There are those who believe that race should be an issue in adoption. I don't. If a loving home can be found for a child, then by all means. But taking a child into a home is not all that needs to happen. If someone adopted a child with special needs, they would not forego seeing to those needs, whatever they may be. I'm not saying the being black (or any other ethnic group) is a disability, but it does present special needs in this case.

It may be very difficult for others to understand. You may be part of the majority culture. It is a culture that caters to you and your sensibilities, in every aspect of your life. So don't notice it as such. But if it were not that way, you would understand.

Suppose a black African family can here and adopted an orphaned white child. They take that child to sub-Saharan Africa. They love the child, raise it in it's native culture. And without a thought to the child's skin color, sends that child out without sunblock. They don't think about it. It is not a part of their culture. No one they know needs it. The child gets burned. Eventually, I'm sure the child would stop burning - but that would not mean there is no damage, beneath the surface.

Do you think thirty years later, a diagnosis of melanoma would not cause some anger? Does this child not have the right to say, couldn't you see I was different? Didn't you know I was burning? Did you not know that for my skin, unprotected exposure to the sun could cause long term problems?

All I am saying is attention must be paid, and care must be taken.
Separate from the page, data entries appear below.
//! One disk of a machine, as its machine's log tells it: what it holds now and at each live
//! snapshot, and which blocks changed between snapshots.
//!
//! A disk has a chain of snapshots and a tracker of changes. It keeps them in step, and makes the
//! room of both before either changes.
#![tactic(auto)]

mod laws;
mod source_disk;
#[cfg(test)]
mod tests;

pub use laws::{next_is_free, others_pass, room_is_no_part, standing_holds, untouched_is_zero};
pub use source_disk::SourceDisk;
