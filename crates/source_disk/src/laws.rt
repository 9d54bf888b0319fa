//! What a disk that stands for a log holds. Each contract is the law, and the body does nothing but
//! call the laws of the disk's parts on which it rests.
ghost use Rattle.source_disk.specs.Laws.{StandingHolds, NextIsFree, OthersPass, RoomIsNoPart, UntouchedIsZero};

/// A disk that stands for a log holds what the log says: its contents now and at each live
/// snapshot, which snapshots these are, what was touched before each, and its epoch.
pub fn standing_holds()
    ensures { StandingHolds }
{}

/// The number that the next snapshot of a legal log gets is free.
pub fn next_is_free()
    ensures { NextIsFree }
{}

/// An act that doesn't concern the disk, as a write to another one, leaves what it stands for.
pub fn others_pass()
    ensures { OthersPass }
{}

/// A reserve and a refused call leave what the disk stands for.
pub fn room_is_no_part()
    ensures { RoomIsNoPart }
{
    snapshot_chain::room_is_no_part();
    change_tracker::room_is_no_part();
}

/// A sector that no write before a snapshot came near is zero at it: one of none of the areas that
/// [`SourceDisk::allocated`](crate::SourceDisk::allocated) tells.
pub fn untouched_is_zero()
    ensures { UntouchedIsZero }
{}
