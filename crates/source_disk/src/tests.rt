//! What a disk tells of its blocks and identifiers, before and after resets and removals.
ghost use Rattle.std.specs.Prelude.{◌≡◌, ◌+◌, ◌≤◌, IfOk, OnOk};
ghost use Rattle.source_disk.specs.SourceDisk.{epoch_of, IsFree};

use crate::SourceDisk;
use change_id::{ChangeId, Since, pack};
use change_tracker::TrackRefused;
use sector_model::{Page, Run, Sector};
use snapshot_chain::ChainRefused;
use std::alloc::Global;
use std::process::Abort;
use std::test::Fail;

/// The identifier of machine 1 and disk 0.
fn id_of(resets: u64, seq: u64) -> ChangeId {
    ChangeId {
        uuid: pack(1, 0, resets),
        seq,
    }
}

fn run(first: u64, count: u64) -> Run {
    Run { first, count }
}

/// A disk 0 of machine 1 that was never written.
fn fresh_disk(alloc: Global, capacity: u64) -> Result<SourceDisk, Fail>
    ensures free { IfOk result (λ disk. disk.chain.free_from ≡ 0) }
    ensures epoch { IfOk result (λ disk. epoch_of disk ≡ 0) }
{
    Ok(SourceDisk::new(alloc, 1, 0, capacity)?)
}

fn enable(disk: &mut SourceDisk)
    ensures free { disk.new.chain.free_from ≡ disk.old.chain.free_from }
    ensures epoch { epoch_of disk.new ≡ epoch_of disk.old }
{
    disk.enable();
}

/// Takes a snapshot, and tells its identifier.
fn snap(disk: &mut SourceDisk, id: u32) -> Result<Option<ChangeId>, Fail>
    requires { IsFree id disk.old }
    ensures free { OnOk result (disk.new.chain.free_from ≡ id + 1) }
    ensures epoch { OnOk result (epoch_of disk.new ≡ epoch_of disk.old) }
{
    Ok(disk.freeze(id)?)
}

/// Fills a sector.
fn fill(disk: &mut SourceDisk, sector: u64, byte: u8) -> Result<(), Fail>
    ensures free { OnOk result (disk.new.chain.free_from ≡ disk.old.chain.free_from) }
    ensures epoch { OnOk result (epoch_of disk.new ≡ epoch_of disk.old) }
{
    Ok(disk.write(sector, &[Sector::filled(byte)])?)
}

/// The first reset.
fn reset(disk: &mut SourceDisk)
    requires { epoch_of disk.old ≡ 0 }
    ensures { disk.new.chain.free_from ≡ disk.old.chain.free_from }
{
    disk.reset();
}

fn merge(disk: &mut SourceDisk, id: u32) -> Result<(), ChainRefused> {
    disk.merge(id)
}

fn read(disk: &SourceDisk, id: Option<u32>, sector: u64) -> Result<Sector, Fail> {
    let mut buf = [Sector::filled(9)];
    disk.read(id, sector, &mut buf)?;
    Ok(buf[0])
}

/// The page of an answer.
fn query(
    disk: &SourceDisk,
    id: u32,
    since: Since,
    start: u64,
    page: &mut Page,
) -> Result<(), TrackRefused> {
    disk.query(id, since, start, page)
}

/// A disk of 256 sectors, tracked, with a snapshot, writes at 127 and 128, and a second one.
fn two_snapshots(rt: &impl Abort, alloc: Global) -> Result<SourceDisk, Fail>
    ensures free { IfOk result (λ disk. disk.chain.free_from ≡ 3) }
    ensures epoch { IfOk result (λ disk. epoch_of disk ≡ 0) }
{
    let mut disk = fresh_disk(alloc, 256)?;
    enable(&mut disk);
    assert_eq!(rt; snap(&mut disk, 1)?, Some(id_of(0, 1)));
    fill(&mut disk, 127, 1)?;
    fill(&mut disk, 128, 2)?;
    assert_eq!(rt; snap(&mut disk, 2)?, Some(id_of(0, 2)));
    Ok(disk)
}

#[test]
fn an_untracked_disk_tells_its_allocated_areas(rt: HostRuntime) -> Result<(), Fail> {
    let alloc = rt.alloc();
    let mut disk = fresh_disk(alloc, 200)?;
    let mut page = Page::new(alloc)?;
    fill(&mut disk, 199, 1)?;
    assert_eq!(rt; snap(&mut disk, 1)?, None);
    query(&disk, 1, Since::All, 0, &mut page)?;
    assert_eq!(rt; page.areas(), [run(128, 72)].as_slice());
    assert_eq!(rt; page.length(), 200);
    assert_eq!(rt; disk.allocated(1)?.as_slice(), [run(128, 72)].as_slice());
    Ok(())
}

#[test]
fn changes_are_told_since_a_snapshot(rt: HostRuntime) -> Result<(), Fail> {
    let alloc = rt.alloc();
    let disk = two_snapshots(&rt, alloc)?;
    let mut page = Page::new(alloc)?;
    query(&disk, 2, Since::From(id_of(0, 1)), 0, &mut page)?;
    assert_eq!(rt; page.areas(), [run(0, 256)].as_slice());
    query(&disk, 2, Since::From(id_of(0, 2)), 0, &mut page)?;
    assert_eq!(rt; page.areas(), [].as_slice());
    assert_eq!(rt; page.length(), 256);
    let past = query(&disk, 2, Since::From(id_of(0, 2)), 256, &mut page);
    assert_eq!(rt; past, Err(TrackRefused::Range));
    Ok(())
}

#[test]
fn a_number_that_was_not_given_is_strange(rt: HostRuntime) -> Result<(), Fail> {
    let alloc = rt.alloc();
    let mut disk = two_snapshots(&rt, alloc)?;
    let mut page = Page::new(alloc)?;
    snap(&mut disk, 3)?;
    let strange = query(&disk, 3, Since::From(id_of(0, 7)), 0, &mut page);
    assert_eq!(rt; strange, Err(TrackRefused::Strange(Some(id_of(0, 3)))));
    Ok(())
}

#[test]
fn a_reset_makes_identifiers_strange_and_keeps_snapshots(rt: HostRuntime) -> Result<(), Fail> {
    let alloc = rt.alloc();
    let mut disk = two_snapshots(&rt, alloc)?;
    let mut page = Page::new(alloc)?;
    reset(&mut disk);
    let strange = query(&disk, 2, Since::From(id_of(0, 1)), 0, &mut page);
    assert_eq!(rt; strange, Err(TrackRefused::Strange(None)));
    query(&disk, 2, Since::All, 0, &mut page)?;
    assert_eq!(rt; page.areas(), [run(0, 256)].as_slice());
    assert_eq!(rt; disk.id_of(2), Ok(Some(id_of(0, 2))));
    assert_eq!(rt; snap(&mut disk, 3)?, Some(id_of(1, 1)));
    Ok(())
}

#[test]
fn a_removed_snapshot_leaves_what_the_disk_holds(rt: HostRuntime) -> Result<(), Fail> {
    let mut disk = fresh_disk(rt.alloc(), 256)?;
    fill(&mut disk, 5, 1)?;
    snap(&mut disk, 1)?;
    fill(&mut disk, 5, 2)?;
    assert_eq!(rt; read(&disk, Some(1), 5)?, Sector::filled(1));
    merge(&mut disk, 1)?;
    assert_eq!(rt; read(&disk, None, 5)?, Sector::filled(2));
    assert_eq!(rt; merge(&mut disk, 1), Err(ChainRefused::UnknownSnap));
    Ok(())
}

#[test]
fn an_identifier_outlives_its_snapshot(rt: HostRuntime) -> Result<(), Fail> {
    let alloc = rt.alloc();
    let mut disk = two_snapshots(&rt, alloc)?;
    let mut page = Page::new(alloc)?;
    merge(&mut disk, 1)?;
    query(&disk, 2, Since::From(id_of(0, 1)), 0, &mut page)?;
    assert_eq!(rt; page.areas(), [run(0, 256)].as_slice());
    let removed = query(&disk, 1, Since::All, 0, &mut page);
    assert_eq!(rt; removed, Err(TrackRefused::UnknownSnap));
    assert_eq!(rt; disk.id_of(1), Err(TrackRefused::UnknownSnap));
    Ok(())
}
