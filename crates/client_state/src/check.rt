//! The check of data calls: the first row that holds.

ghost use Rattle.std.specs.Prelude.{◌≡◌};
ghost use Rattle.ca_base.specs.Rows.{first};
ghost use Rattle.client_state.specs.Rows.{call_rows, gate_rows, has_wrong_size, side_rows};
ghost use Rattle.client_state.specs.Verdicts.{verdict_of};
ghost use Rattle.client_state.specs.declared.check.DataCall.TheVariants as call;

use crate::ClientSide;
use ca_base::limits::MAX_COUNT;
use ca_base::values::BUFFER_SILENT;
use ca_base::{Gate, Hr, Reason, Seen};

/// A data call, with its numbers.
#[derive(Clone, Copy, Debug, PartialEq, Eq)]
pub enum DataCall {
    /// IAudioClient::GetCurrentPadding.
    Padding,
    /// IAudioRenderClient::GetBuffer of `n` frames.
    Get { n: u32 },
    /// IAudioRenderClient::ReleaseBuffer of `m` frames, with data of `len` bytes.
    Release { m: u32, flags: u32, len: u32 },
    /// IAudioCaptureClient::GetNextPacketSize.
    NextSize,
    /// IAudioCaptureClient::GetBuffer.
    CaptureGet,
    /// IAudioCaptureClient::ReleaseBuffer of `m` frames.
    CaptureRelease { m: u32 },
}

/// What the check of a data call says: the answer of the first row that holds, or that none does and the call goes on.
#[derive(Clone, Copy, Debug, PartialEq, Eq)]
pub enum Verdict {
    Answer(Hr),
    Go,
}

/// The answer of each call of a stream whose gate is closed.
pub fn gate_refusal(gate: Gate) -> Option<Hr>
    ensures { result ≡ first (gate_rows gate) }
{
    match gate {
        Gate::Open => None,
        Gate::Closed(Reason::Shutdown) => Some(Hr::SERVICE_NOT_RUNNING),
        Gate::Closed(_) => Some(Hr::DEVICE_INVALIDATED),
    }
}

impl ClientSide {
    /// Whether the size of data is neither that of the frames nor, if they are silent, 0.
    fn has_wrong_size(&self, frames: u32, flags: u32, size: u32) -> bool
        ensures { result ≡ has_wrong_size self.now frames flags size }
    {
        let silent = flags == BUFFER_SILENT;
        if flags != 0 && !silent {
            return true;
        }
        size as u64 != frames as u64 * self.block as u64 && !(silent && size == 0)
    }

    fn get_row(&self, n: u32, words: u32) -> Option<Hr>
        ensures { result ≡ first (call_rows self.now (call.Get n) words) }
    {
        if !self.is_render() {
            return Some(Hr::WRONG_ENDPOINT_TYPE);
        }
        if self.lease.is_some() {
            return Some(Hr::OUT_OF_ORDER);
        }
        if self.exclusive && self.event && n != self.buffer {
            return Some(Hr::BUFFER_SIZE_ERROR);
        }
        if self.store_frames.saturating_sub(self.padding(words)) < n {
            return Some(Hr::BUFFER_TOO_LARGE);
        }
        None
    }

    fn release_row(&self, m: u32, flags: u32, size: u32) -> Option<Hr>
        ensures { result ≡ first (call_rows self.now (call.Release m flags size) 0) }
    {
        if !self.is_render() {
            return Some(Hr::WRONG_ENDPOINT_TYPE);
        }
        let Some(lease) = self.lease else {
            return Some(Hr::OUT_OF_ORDER);
        };
        if lease < m {
            return Some(Hr::INVALID_SIZE);
        }
        if self.has_wrong_size(m, flags, size) {
            return Some(Hr::E_INVALIDARG);
        }
        if MAX_COUNT - (m as u64) < self.released {
            return Some(Hr::WORN);
        }
        None
    }

    fn next_size_row(&self) -> Option<Hr>
        ensures { result ≡ first (call_rows self.now call.NextSize 0) }
    {
        if self.is_render() {
            return Some(Hr::WRONG_ENDPOINT_TYPE);
        }
        None
    }

    fn capture_get_row(&self, words: u32) -> Option<Hr>
        ensures { result ≡ first (call_rows self.now call.CaptureGet words) }
    {
        if self.is_render() {
            return Some(Hr::WRONG_ENDPOINT_TYPE);
        }
        if self.lease.is_some() {
            return Some(Hr::OUT_OF_ORDER);
        }
        if self.padding(words) == 0 {
            return Some(Hr::S_BUFFER_EMPTY);
        }
        None
    }

    fn capture_release_row(&self, m: u32) -> Option<Hr>
        ensures { result ≡ first (call_rows self.now (call.CaptureRelease m) 0) }
    {
        if self.is_render() {
            return Some(Hr::WRONG_ENDPOINT_TYPE);
        }
        if self.lease.is_none() {
            return Some(Hr::OUT_OF_ORDER);
        }
        if m != 0 && m != self.period {
            return Some(Hr::INVALID_SIZE);
        }
        None
    }

    /// The first row of a call's own that holds.
    fn call_row(&self, call: &DataCall, words: u32) -> Option<Hr>
        ensures { result ≡ first (call_rows self.now call.now words) }
    {
        match *call {
            DataCall::Padding => None,
            DataCall::Get { n } => self.get_row(n, words),
            DataCall::Release { m, flags, len } => self.release_row(m, flags, len),
            DataCall::NextSize => self.next_size_row(),
            DataCall::CaptureGet => self.capture_get_row(words),
            DataCall::CaptureRelease { m } => self.capture_release_row(m),
        }
    }
}

/// Checks a data call against a client's side of its stream and what a look at the store finds: the first row that
/// holds is the answer, and AUDCLNT_S_BUFFER_EMPTY, without a packet, is one of the answers.
pub fn data_check(side: &ClientSide, call: &DataCall, seen: Seen) -> Verdict
    ensures { result ≡ verdict_of (first (side_rows side.now call.now seen)) }
{
    if side.buffer == 0 {
        return Verdict::Answer(Hr::NOT_INITIALIZED);
    }
    if let Some(code) = gate_refusal(seen.gate) {
        return Verdict::Answer(code);
    }
    match side.call_row(call, seen.words) {
        Some(code) => Verdict::Answer(code),
        None => Verdict::Go,
    }
}
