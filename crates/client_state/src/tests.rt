use super::DataCall::{CaptureGet, CaptureRelease, Get, NextSize, Padding, Release};
use super::Verdict::{Answer, Go};
use super::*;
use ca_base::{Dir, Gate, Hr, Reason, Seen};
use std::process::Abort;

/// A shared client that plays 48000 Hz in 2 channels, with a buffer of two periods.
const PLAYER: ClientSide = ClientSide {
    dir: Dir::Render,
    exclusive: false,
    event: false,
    buffer: 960,
    period: 480,
    store_frames: 960,
    block: 4,
    lease: None,
    released: 0,
};

/// A shared client that records 48000 Hz in 1 channel, with a buffer of two periods.
const RECORDER: ClientSide = ClientSide {
    dir: Dir::Capture,
    block: 2,
    ..PLAYER
};

/// A player that has leased 10 frames.
const LEASED: ClientSide = ClientSide {
    lease: Some(10),
    ..PLAYER
};

/// A player whose count of released frames has room for three more.
const WORN: ClientSide = ClientSide {
    lease: Some(4),
    released: (1 << 62) - 3,
    ..PLAYER
};

/// An exclusive player by events, whose store holds two buffers in turn.
const BY_EVENTS: ClientSide = ClientSide {
    exclusive: true,
    event: true,
    buffer: 480,
    ..PLAYER
};

/// A client that isn't initialised.
const FRESH: ClientSide = ClientSide {
    buffer: 0,
    ..PLAYER
};

/// A recorder that has leased a packet.
const READING: ClientSide = ClientSide {
    lease: Some(480),
    ..RECORDER
};

const EMPTY: Seen = Seen {
    words: 0,
    gate: Gate::Open,
};

/// One packet of a period.
const PACKET: Seen = Seen {
    words: 481,
    ..EMPTY
};

const TAKEN_OVER: Seen = Seen {
    words: 0,
    gate: Gate::Closed(Reason::Override),
};

const SHUT_DOWN: Seen = Seen {
    words: 0,
    gate: Gate::Closed(Reason::Shutdown),
};

/// Asserts what the check says of each call.
fn expect(rt: &impl Abort, rows: &[(ClientSide, DataCall, Seen, Verdict)]) {
    for (side, call, seen, verdict) in rows {
        assert_eq!(rt; data_check(side, call, *seen), *verdict, "{call:?}");
    }
}

#[test]
fn a_player_leases_and_releases(rt: HostRuntime) {
    let rows = [
        (FRESH, Get { n: 1 }, EMPTY, Answer(Hr(0x88890001))),
        (PLAYER, Get { n: 961 }, EMPTY, Answer(Hr(0x88890006))),
        (PLAYER, Get { n: 960 }, EMPTY, Go),
        (LEASED, Get { n: 1 }, EMPTY, Answer(Hr(0x88890007))),
        (
            LEASED,
            Release {
                m: 11,
                flags: 0,
                len: 44,
            },
            EMPTY,
            Answer(Hr(0x88890009)),
        ),
        (
            LEASED,
            Release {
                m: 10,
                flags: 0,
                len: 39,
            },
            EMPTY,
            Answer(Hr(0x80070057)),
        ),
        (
            LEASED,
            Release {
                m: 10,
                flags: 2,
                len: 40,
            },
            EMPTY,
            Go,
        ),
        (
            LEASED,
            Release {
                m: 0,
                flags: 0,
                len: 0,
            },
            EMPTY,
            Go,
        ),
        (
            PLAYER,
            Release {
                m: 0,
                flags: 0,
                len: 0,
            },
            EMPTY,
            Answer(Hr(0x88890007)),
        ),
        (
            WORN,
            Release {
                m: 4,
                flags: 0,
                len: 16,
            },
            EMPTY,
            Answer(Hr(0xA0040005)),
        ),
        (
            WORN,
            Release {
                m: 3,
                flags: 0,
                len: 12,
            },
            EMPTY,
            Go,
        ),
        (BY_EVENTS, Get { n: 479 }, EMPTY, Answer(Hr(0x88890016))),
        (BY_EVENTS, Get { n: 480 }, EMPTY, Go),
        (
            LEASED,
            Release {
                m: 3,
                flags: 0,
                len: 12,
            },
            TAKEN_OVER,
            Answer(Hr(0x88890004)),
        ),
        (PLAYER, Padding, TAKEN_OVER, Answer(Hr(0x88890004))),
        (PLAYER, Padding, SHUT_DOWN, Answer(Hr(0x88890010))),
        (PLAYER, NextSize, EMPTY, Answer(Hr(0x88890003))),
    ];
    expect(&rt, &rows);
}

#[test]
fn a_recorder_reads_packets(rt: HostRuntime) {
    let rows = [
        (RECORDER, CaptureGet, EMPTY, Answer(Hr(0x08890001))),
        (RECORDER, CaptureGet, PACKET, Go),
        (READING, CaptureGet, PACKET, Answer(Hr(0x88890007))),
        (READING, CaptureRelease { m: 0 }, PACKET, Go),
        (
            READING,
            CaptureRelease { m: 479 },
            PACKET,
            Answer(Hr(0x88890009)),
        ),
        (READING, CaptureRelease { m: 480 }, PACKET, Go),
        (
            RECORDER,
            CaptureRelease { m: 0 },
            PACKET,
            Answer(Hr(0x88890007)),
        ),
        (RECORDER, Get { n: 1 }, EMPTY, Answer(Hr(0x88890003))),
        (RECORDER, NextSize, PACKET, Go),
    ];
    expect(&rt, &rows);
}
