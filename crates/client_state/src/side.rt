//! A client's side of its stream.

ghost use Rattle.std.specs.Prelude.{◌≡◌};
ghost use Rattle.client_state.specs.Rows.{padding_of, is_render};

use ca_base::Dir;

/// What a client knows of its stream (IAudioClient). A client that isn't initialised has a buffer of 0 frames.
#[derive(Clone, Copy, Debug, PartialEq, Eq)]
pub struct ClientSide {
    pub dir: Dir,
    pub exclusive: bool,
    /// Whether the stream is event-driven.
    pub event: bool,
    /// The frames of the buffer (IAudioClient::GetBufferSize).
    pub buffer: u32,
    /// The frames of a period.
    pub period: u32,
    /// The frames that the store holds.
    pub store_frames: u32,
    /// The bytes of a frame (WAVEFORMATEX, nBlockAlign).
    pub block: u32,
    /// The frames leased by a GetBuffer that isn't released yet.
    pub lease: Option<u32>,
    /// How many frames were ever released.
    pub released: u64,
}

impl ClientSide {
    /// Whether the stream plays.
    pub fn is_render(&self) -> bool
        ensures { result ≡ is_render self.now.dir }
    {
        match self.dir {
            Dir::Render => true,
            Dir::Capture => false,
        }
    }

    /// The frames of `words` words of the store, without the header words of packets.
    pub fn padding(&self, words: u32) -> u32
        ensures { result ≡ padding_of self.now words }
    {
        match self.dir {
            Dir::Render => words,
            Dir::Capture => {
                let packets = words as u64 / (self.period as u64 + 1);
                (packets * self.period as u64) as u32
            }
        }
    }
}
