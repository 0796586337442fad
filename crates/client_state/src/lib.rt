//! A client's side of its stream, and the rows of its data calls.
#![tactic(auto)]

mod check;
mod side;
#[cfg(test)]
mod tests;

pub use check::{DataCall, Verdict, data_check, gate_refusal};
pub use side::ClientSide;
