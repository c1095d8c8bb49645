#![tactic(auto)]

ghost use Rattle.evc_avail_law.specs.SliceLaws.{SliceLaws};

// Statements and proofs alone: the theorem is the contract of a function that does nothing.

// What the flags of a block of a slice depend on, and what candidates come of them.
pub fn slice_laws_hold()
    ensures { SliceLaws }
{}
Posted by Stella | May 30, 2008 3:44 PM
8

@3 I'm planning on adopting domestically, and I know that the odds are that I'll get a black child because the race is utterly unimportant to me. Regarding the hair, I'm way ahead of you. Having been friends with a good number of black women, I know this will be a big deal, and expect to spend a good deal of time learning exactly how to deal with it.

But in general, I wanna adopt, I don't care what the race of the child is, but being a good Seattle liberal, I'll make damned sure my kids are aware of their biological and cultural heritage, while imparting my cultural heritage on them as well. If I'd been the parent of that Chinese kid, yeah, Chinese school and Hebrew school (well, Seattle Hebrew Academy), and God help the child, parent, or faculty member who treats my kids poorly, because my mother's overprotective temper has been passed on to me.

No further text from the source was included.